Your instructions - Every line of the records that contains "then" should be tallied, and only the resulting number returned.

Source information -
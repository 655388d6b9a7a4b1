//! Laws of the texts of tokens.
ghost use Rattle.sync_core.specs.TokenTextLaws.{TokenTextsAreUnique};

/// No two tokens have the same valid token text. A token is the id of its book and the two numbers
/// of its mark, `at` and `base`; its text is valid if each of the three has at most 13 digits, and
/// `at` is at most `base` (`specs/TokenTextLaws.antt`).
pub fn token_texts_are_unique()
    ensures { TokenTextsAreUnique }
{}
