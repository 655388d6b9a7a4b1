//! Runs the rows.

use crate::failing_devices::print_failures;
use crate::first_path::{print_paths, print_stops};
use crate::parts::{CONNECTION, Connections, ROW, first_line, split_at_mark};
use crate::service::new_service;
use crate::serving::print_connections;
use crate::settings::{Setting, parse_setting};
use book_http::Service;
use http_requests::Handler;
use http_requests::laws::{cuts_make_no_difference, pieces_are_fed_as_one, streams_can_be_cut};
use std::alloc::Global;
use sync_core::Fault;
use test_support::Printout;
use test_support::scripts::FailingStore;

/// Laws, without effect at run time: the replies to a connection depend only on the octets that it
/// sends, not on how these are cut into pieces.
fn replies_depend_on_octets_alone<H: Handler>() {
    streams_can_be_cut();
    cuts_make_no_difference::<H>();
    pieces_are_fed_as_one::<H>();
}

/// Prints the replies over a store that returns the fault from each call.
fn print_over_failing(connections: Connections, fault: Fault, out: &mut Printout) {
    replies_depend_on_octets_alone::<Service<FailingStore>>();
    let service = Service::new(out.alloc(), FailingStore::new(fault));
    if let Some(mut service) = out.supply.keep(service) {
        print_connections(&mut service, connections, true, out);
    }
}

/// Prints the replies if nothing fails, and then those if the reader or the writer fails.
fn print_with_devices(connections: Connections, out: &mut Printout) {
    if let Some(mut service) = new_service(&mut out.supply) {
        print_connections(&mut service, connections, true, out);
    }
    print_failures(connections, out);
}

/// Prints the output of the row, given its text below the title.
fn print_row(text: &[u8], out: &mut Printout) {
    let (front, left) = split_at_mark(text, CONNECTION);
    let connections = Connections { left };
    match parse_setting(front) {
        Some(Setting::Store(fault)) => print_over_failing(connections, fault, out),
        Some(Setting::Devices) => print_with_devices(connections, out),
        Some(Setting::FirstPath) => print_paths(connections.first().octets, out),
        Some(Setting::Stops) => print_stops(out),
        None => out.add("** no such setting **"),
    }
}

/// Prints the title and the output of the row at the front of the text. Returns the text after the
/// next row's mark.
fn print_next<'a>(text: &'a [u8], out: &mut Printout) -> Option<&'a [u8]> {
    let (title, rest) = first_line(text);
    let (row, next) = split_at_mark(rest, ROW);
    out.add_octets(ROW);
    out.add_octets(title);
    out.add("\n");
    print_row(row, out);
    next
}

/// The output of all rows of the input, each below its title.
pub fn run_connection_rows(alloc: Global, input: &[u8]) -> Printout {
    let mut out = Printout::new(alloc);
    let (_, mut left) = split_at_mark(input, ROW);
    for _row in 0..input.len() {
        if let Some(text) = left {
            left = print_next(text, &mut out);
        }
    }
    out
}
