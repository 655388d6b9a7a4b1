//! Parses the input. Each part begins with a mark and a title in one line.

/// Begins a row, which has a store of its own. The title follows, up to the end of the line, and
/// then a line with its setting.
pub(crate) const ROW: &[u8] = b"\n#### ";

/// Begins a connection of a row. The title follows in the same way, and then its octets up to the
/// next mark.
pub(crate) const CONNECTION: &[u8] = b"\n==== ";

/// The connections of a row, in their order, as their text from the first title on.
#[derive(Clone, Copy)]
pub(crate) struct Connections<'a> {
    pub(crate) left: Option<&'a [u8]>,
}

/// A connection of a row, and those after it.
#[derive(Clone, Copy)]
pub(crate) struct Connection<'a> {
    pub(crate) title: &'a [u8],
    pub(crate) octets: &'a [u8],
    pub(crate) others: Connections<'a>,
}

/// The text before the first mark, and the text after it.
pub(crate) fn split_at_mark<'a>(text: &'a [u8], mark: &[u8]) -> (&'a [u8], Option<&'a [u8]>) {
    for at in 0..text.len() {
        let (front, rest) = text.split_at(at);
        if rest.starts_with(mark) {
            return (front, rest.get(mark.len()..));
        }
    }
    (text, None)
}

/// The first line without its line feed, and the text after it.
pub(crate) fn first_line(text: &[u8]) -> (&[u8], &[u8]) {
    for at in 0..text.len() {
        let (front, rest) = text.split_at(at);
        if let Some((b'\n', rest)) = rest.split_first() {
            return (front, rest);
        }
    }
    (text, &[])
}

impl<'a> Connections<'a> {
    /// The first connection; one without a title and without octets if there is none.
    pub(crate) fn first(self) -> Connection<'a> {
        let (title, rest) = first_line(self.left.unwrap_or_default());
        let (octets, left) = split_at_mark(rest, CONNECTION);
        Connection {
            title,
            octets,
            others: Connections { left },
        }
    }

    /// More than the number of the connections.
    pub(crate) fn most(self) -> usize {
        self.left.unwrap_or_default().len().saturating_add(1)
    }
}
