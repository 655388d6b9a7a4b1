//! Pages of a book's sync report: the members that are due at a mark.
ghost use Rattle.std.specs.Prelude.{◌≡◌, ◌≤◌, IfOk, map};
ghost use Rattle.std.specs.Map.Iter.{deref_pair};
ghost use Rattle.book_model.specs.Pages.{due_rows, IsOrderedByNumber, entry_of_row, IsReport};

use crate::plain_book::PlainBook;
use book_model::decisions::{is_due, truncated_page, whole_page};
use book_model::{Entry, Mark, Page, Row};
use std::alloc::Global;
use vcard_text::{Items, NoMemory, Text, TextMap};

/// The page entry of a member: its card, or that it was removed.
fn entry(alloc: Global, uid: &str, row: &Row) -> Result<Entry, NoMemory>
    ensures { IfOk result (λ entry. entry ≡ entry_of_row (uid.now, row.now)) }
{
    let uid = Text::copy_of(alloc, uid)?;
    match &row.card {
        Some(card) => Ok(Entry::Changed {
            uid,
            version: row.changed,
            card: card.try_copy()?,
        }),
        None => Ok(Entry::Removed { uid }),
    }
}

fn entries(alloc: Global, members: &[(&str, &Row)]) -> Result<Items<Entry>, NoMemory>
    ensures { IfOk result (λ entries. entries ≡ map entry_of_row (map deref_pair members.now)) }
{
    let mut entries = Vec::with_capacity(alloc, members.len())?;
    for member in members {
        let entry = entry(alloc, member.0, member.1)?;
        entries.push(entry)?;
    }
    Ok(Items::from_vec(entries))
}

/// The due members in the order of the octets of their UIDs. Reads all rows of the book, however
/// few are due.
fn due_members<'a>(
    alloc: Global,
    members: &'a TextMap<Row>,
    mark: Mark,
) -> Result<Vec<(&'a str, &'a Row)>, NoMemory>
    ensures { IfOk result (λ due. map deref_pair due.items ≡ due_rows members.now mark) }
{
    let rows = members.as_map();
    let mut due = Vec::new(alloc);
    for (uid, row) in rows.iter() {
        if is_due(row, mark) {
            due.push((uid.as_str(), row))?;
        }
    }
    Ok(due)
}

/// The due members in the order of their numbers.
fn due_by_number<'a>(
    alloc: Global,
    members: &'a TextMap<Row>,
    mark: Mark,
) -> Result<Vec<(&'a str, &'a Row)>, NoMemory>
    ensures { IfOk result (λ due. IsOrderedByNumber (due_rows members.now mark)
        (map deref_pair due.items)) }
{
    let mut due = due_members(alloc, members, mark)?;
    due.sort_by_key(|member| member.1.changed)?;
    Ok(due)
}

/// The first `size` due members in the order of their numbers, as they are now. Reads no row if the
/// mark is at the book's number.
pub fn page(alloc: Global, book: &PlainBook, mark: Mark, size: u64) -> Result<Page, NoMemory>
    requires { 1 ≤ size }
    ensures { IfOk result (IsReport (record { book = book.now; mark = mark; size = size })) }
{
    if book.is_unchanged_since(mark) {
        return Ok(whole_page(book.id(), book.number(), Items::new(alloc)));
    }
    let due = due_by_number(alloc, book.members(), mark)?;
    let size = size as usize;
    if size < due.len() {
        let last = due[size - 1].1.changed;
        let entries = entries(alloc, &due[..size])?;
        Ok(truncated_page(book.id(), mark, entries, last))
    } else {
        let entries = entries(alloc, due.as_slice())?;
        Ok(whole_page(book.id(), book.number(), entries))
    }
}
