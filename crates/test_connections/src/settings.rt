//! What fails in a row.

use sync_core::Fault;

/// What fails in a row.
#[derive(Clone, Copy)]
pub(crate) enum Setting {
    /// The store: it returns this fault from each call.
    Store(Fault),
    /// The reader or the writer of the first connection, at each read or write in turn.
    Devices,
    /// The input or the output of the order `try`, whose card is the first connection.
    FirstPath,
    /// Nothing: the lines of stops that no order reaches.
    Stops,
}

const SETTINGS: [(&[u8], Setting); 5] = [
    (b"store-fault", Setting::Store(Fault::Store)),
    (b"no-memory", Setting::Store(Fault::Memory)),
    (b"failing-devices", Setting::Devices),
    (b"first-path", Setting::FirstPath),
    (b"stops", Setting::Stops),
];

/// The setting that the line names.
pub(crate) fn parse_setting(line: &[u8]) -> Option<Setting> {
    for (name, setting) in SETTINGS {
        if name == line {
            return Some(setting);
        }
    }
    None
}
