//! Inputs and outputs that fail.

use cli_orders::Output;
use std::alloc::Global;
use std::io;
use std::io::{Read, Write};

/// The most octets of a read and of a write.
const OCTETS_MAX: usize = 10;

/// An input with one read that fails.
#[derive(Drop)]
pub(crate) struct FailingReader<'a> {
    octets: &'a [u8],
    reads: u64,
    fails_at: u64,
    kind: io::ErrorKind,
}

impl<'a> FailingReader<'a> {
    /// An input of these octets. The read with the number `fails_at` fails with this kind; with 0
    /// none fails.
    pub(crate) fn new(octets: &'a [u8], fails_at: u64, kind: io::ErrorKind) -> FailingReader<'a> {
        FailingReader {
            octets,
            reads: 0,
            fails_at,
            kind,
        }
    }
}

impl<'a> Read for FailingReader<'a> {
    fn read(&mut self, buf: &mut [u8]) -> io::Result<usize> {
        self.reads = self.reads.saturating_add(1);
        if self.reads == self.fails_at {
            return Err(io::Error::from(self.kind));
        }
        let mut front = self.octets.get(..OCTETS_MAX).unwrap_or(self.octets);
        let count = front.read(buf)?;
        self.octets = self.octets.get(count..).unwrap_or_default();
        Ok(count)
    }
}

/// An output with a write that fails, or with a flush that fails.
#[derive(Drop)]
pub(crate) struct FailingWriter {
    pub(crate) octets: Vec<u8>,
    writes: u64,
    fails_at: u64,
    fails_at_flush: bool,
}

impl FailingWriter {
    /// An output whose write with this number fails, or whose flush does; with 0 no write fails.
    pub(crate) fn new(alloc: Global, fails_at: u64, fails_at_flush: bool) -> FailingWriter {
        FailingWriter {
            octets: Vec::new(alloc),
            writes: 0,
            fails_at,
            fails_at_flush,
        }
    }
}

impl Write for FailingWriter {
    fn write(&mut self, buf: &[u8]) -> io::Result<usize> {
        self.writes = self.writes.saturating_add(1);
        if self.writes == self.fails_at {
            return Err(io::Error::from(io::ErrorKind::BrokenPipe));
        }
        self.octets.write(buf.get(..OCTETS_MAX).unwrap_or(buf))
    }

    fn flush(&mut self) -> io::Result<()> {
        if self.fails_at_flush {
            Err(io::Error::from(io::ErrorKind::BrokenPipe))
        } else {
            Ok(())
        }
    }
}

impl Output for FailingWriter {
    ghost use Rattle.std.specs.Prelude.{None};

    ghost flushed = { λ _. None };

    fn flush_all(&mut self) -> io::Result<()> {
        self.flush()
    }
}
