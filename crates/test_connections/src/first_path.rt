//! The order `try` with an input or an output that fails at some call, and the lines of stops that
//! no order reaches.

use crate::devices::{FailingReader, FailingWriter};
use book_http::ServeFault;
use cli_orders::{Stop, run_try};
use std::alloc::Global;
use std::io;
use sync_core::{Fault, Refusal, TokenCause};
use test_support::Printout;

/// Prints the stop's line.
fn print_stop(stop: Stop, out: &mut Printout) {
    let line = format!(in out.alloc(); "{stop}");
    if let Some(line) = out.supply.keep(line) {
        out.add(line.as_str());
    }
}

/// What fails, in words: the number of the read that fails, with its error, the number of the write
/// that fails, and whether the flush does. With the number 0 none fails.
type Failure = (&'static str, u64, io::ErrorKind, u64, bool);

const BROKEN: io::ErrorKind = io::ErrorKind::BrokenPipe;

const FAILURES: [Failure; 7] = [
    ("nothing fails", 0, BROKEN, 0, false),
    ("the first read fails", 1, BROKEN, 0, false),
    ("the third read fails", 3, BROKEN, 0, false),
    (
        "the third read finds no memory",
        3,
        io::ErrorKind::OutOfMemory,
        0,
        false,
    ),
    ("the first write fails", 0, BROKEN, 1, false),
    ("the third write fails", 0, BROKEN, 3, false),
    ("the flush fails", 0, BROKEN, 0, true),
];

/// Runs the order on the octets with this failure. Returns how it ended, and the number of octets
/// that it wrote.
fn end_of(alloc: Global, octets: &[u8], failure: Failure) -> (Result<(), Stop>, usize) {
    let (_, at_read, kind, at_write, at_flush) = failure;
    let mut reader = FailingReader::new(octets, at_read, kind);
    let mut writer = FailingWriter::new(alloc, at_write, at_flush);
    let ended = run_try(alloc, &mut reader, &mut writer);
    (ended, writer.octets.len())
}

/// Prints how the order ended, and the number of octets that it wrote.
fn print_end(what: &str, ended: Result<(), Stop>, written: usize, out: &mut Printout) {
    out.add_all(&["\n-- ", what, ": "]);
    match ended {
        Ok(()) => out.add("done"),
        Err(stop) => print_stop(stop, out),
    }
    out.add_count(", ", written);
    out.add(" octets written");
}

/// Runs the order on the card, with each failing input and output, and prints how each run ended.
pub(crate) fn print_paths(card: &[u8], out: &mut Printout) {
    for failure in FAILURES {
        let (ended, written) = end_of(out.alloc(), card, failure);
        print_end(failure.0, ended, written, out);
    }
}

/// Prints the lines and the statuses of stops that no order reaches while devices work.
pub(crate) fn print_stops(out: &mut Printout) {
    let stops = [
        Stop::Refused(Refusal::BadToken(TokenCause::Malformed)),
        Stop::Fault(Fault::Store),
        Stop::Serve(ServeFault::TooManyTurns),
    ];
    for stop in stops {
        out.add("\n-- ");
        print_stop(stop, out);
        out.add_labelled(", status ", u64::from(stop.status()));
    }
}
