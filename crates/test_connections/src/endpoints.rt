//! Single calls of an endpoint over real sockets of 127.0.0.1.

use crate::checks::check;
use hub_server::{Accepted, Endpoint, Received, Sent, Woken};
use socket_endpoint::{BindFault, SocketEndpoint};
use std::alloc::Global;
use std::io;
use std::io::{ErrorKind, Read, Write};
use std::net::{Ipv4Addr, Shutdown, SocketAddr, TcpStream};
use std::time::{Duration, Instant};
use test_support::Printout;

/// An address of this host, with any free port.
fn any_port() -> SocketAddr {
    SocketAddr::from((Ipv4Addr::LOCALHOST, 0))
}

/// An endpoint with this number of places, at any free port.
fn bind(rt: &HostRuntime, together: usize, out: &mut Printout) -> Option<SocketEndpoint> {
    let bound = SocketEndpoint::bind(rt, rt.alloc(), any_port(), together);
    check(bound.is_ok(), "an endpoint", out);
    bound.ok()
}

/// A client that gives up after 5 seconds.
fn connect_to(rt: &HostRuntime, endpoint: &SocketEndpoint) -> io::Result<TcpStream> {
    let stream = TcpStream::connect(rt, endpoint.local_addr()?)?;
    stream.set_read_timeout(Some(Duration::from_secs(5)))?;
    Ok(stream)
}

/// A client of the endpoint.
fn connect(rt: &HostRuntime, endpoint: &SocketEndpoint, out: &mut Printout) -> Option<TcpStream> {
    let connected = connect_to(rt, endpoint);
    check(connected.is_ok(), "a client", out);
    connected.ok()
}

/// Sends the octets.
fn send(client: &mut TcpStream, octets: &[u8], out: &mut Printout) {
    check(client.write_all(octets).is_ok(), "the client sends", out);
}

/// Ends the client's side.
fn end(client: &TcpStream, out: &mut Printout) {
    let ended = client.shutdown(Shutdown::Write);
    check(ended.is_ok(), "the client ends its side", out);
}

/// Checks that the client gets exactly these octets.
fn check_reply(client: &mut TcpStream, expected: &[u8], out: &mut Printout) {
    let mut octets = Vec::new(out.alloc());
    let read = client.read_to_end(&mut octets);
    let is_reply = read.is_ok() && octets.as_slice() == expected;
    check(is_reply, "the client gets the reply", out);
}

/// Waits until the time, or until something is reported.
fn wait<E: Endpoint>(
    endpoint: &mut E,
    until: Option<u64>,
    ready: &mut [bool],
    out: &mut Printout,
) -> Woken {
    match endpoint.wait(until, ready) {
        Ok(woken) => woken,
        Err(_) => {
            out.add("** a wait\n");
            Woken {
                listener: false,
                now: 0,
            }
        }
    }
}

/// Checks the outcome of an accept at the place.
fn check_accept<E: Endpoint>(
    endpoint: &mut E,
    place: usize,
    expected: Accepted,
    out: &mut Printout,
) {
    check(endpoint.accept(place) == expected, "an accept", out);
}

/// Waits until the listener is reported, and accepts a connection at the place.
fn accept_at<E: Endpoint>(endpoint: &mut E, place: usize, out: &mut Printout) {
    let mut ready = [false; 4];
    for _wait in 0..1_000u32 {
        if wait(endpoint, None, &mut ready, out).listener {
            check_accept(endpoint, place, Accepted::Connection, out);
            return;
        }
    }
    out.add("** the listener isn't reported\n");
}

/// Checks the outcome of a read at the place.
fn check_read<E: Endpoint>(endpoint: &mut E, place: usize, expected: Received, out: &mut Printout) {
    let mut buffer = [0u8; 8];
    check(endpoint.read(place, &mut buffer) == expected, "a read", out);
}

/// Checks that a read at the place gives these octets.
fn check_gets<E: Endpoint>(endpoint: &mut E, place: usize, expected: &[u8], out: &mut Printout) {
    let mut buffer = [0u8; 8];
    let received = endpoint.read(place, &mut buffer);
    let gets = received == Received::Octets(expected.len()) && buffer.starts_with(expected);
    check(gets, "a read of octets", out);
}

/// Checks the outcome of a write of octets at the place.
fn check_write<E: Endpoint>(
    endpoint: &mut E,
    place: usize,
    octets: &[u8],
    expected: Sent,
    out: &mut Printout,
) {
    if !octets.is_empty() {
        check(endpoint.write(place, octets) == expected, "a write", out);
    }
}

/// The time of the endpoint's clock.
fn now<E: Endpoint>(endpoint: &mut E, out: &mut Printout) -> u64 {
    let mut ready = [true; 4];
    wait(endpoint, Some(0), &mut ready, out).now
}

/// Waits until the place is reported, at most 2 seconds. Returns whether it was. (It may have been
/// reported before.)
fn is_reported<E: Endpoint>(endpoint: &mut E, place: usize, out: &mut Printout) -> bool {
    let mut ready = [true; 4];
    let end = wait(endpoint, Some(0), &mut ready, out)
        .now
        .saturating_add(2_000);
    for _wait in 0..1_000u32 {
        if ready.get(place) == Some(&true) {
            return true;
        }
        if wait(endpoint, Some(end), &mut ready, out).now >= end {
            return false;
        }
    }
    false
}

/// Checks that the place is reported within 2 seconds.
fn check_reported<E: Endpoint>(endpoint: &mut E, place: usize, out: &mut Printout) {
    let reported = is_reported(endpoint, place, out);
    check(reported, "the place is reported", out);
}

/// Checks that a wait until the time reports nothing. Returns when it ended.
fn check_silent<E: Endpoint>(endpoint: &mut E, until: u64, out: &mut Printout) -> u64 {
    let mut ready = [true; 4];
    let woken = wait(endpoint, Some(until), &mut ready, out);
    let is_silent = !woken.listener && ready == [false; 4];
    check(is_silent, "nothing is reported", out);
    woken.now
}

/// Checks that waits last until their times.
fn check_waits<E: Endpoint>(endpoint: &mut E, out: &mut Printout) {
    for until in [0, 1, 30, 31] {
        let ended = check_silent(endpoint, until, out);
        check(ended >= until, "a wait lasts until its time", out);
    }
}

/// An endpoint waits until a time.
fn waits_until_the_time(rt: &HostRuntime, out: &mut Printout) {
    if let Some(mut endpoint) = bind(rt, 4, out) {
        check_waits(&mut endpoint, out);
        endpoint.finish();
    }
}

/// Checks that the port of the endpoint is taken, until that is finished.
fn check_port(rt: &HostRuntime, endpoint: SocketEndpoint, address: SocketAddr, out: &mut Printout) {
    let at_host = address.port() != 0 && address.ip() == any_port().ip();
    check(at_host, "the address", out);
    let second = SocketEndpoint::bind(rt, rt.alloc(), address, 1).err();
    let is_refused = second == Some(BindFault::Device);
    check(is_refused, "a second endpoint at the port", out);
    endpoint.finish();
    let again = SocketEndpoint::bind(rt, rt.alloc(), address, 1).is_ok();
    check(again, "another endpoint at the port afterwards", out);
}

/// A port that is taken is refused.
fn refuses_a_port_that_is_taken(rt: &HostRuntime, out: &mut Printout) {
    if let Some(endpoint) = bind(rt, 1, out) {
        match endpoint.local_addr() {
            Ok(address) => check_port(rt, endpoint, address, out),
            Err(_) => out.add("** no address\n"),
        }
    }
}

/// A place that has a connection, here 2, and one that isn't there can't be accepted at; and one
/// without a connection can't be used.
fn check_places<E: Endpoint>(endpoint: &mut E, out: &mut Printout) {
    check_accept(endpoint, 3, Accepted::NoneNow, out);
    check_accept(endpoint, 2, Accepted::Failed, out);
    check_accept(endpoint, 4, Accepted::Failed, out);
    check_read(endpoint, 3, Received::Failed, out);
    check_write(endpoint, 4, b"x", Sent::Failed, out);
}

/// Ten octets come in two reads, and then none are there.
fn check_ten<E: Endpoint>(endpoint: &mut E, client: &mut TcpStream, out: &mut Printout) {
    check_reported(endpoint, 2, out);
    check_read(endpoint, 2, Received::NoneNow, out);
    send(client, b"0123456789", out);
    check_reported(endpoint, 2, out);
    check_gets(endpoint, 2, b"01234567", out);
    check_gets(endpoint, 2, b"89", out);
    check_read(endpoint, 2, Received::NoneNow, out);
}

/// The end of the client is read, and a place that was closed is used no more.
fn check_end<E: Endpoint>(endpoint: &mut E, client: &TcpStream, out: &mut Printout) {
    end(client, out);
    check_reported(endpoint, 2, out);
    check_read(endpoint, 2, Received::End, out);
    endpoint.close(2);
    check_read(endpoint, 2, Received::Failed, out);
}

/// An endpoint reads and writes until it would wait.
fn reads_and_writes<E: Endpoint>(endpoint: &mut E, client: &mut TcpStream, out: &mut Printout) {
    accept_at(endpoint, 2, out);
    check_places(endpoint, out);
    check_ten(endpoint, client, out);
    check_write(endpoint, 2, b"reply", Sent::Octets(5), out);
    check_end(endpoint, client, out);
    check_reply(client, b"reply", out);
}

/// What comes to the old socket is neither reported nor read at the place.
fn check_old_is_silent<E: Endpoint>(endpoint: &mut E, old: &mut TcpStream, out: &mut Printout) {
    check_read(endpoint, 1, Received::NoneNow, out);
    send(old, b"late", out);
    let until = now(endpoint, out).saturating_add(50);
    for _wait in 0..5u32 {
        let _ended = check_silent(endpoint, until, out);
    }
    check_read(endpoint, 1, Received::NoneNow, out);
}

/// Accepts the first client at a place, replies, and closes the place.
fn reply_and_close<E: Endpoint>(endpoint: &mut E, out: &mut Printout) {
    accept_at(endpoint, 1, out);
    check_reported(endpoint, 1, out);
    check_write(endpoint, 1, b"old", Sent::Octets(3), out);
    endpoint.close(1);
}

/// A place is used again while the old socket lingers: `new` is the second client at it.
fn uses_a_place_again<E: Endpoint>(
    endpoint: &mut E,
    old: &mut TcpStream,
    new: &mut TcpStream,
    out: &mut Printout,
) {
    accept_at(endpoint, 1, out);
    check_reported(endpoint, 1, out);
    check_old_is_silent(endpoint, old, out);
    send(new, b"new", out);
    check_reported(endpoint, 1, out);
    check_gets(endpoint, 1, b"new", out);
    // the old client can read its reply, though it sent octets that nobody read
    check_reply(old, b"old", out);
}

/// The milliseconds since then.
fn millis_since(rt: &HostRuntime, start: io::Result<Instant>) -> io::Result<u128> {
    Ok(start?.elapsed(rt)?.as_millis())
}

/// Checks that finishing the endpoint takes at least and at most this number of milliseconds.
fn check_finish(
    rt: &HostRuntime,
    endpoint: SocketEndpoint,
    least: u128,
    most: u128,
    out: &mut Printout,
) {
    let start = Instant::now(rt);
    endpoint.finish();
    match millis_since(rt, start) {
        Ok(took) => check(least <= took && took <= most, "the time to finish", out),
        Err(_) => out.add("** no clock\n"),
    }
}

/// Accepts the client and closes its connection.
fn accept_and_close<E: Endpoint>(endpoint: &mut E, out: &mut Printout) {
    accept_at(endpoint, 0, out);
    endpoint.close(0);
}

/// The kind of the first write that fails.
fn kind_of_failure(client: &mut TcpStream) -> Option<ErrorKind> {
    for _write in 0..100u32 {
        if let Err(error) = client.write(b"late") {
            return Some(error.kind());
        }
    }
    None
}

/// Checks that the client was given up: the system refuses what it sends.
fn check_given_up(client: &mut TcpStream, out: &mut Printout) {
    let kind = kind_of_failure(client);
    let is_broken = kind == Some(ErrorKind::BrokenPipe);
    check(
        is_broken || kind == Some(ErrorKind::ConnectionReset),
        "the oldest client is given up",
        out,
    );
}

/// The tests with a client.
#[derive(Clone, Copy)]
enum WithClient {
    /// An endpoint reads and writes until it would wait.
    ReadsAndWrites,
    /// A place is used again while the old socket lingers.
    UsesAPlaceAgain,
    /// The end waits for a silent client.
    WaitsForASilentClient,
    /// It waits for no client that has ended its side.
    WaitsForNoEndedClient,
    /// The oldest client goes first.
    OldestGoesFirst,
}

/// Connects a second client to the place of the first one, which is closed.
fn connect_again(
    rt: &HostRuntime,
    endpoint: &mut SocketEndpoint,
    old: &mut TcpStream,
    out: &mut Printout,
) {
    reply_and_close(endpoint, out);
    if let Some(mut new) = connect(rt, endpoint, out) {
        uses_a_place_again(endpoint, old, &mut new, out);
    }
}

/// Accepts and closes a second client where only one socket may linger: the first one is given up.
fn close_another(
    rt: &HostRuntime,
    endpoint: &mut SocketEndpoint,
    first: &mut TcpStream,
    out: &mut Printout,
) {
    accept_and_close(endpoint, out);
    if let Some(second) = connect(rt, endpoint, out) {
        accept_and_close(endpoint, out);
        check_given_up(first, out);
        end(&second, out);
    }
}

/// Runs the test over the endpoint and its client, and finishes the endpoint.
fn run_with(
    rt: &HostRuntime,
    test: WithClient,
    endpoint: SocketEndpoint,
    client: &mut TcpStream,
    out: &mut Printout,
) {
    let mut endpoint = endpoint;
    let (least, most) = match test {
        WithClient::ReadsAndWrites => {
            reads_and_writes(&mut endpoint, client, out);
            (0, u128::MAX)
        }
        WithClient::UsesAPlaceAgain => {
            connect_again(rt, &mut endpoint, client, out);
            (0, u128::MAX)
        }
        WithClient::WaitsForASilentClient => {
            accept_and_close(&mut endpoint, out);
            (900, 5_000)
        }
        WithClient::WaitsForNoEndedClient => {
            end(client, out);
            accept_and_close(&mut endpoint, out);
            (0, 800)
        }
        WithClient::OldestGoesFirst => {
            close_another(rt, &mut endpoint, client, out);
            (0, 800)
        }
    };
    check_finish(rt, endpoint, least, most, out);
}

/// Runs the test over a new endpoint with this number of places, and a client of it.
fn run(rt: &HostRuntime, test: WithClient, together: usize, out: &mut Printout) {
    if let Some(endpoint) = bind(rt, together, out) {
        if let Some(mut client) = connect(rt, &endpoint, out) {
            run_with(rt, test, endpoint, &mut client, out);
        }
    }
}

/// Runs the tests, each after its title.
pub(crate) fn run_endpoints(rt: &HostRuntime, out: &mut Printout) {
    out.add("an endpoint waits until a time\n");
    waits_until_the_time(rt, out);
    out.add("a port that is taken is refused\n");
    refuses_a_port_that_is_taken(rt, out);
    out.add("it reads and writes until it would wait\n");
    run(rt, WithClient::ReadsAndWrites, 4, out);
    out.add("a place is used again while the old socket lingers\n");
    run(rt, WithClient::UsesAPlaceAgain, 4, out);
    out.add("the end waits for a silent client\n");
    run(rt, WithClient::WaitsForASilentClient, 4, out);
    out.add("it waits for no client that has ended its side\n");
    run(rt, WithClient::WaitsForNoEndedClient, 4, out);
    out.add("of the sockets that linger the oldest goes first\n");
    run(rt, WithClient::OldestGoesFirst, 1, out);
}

Written response - 5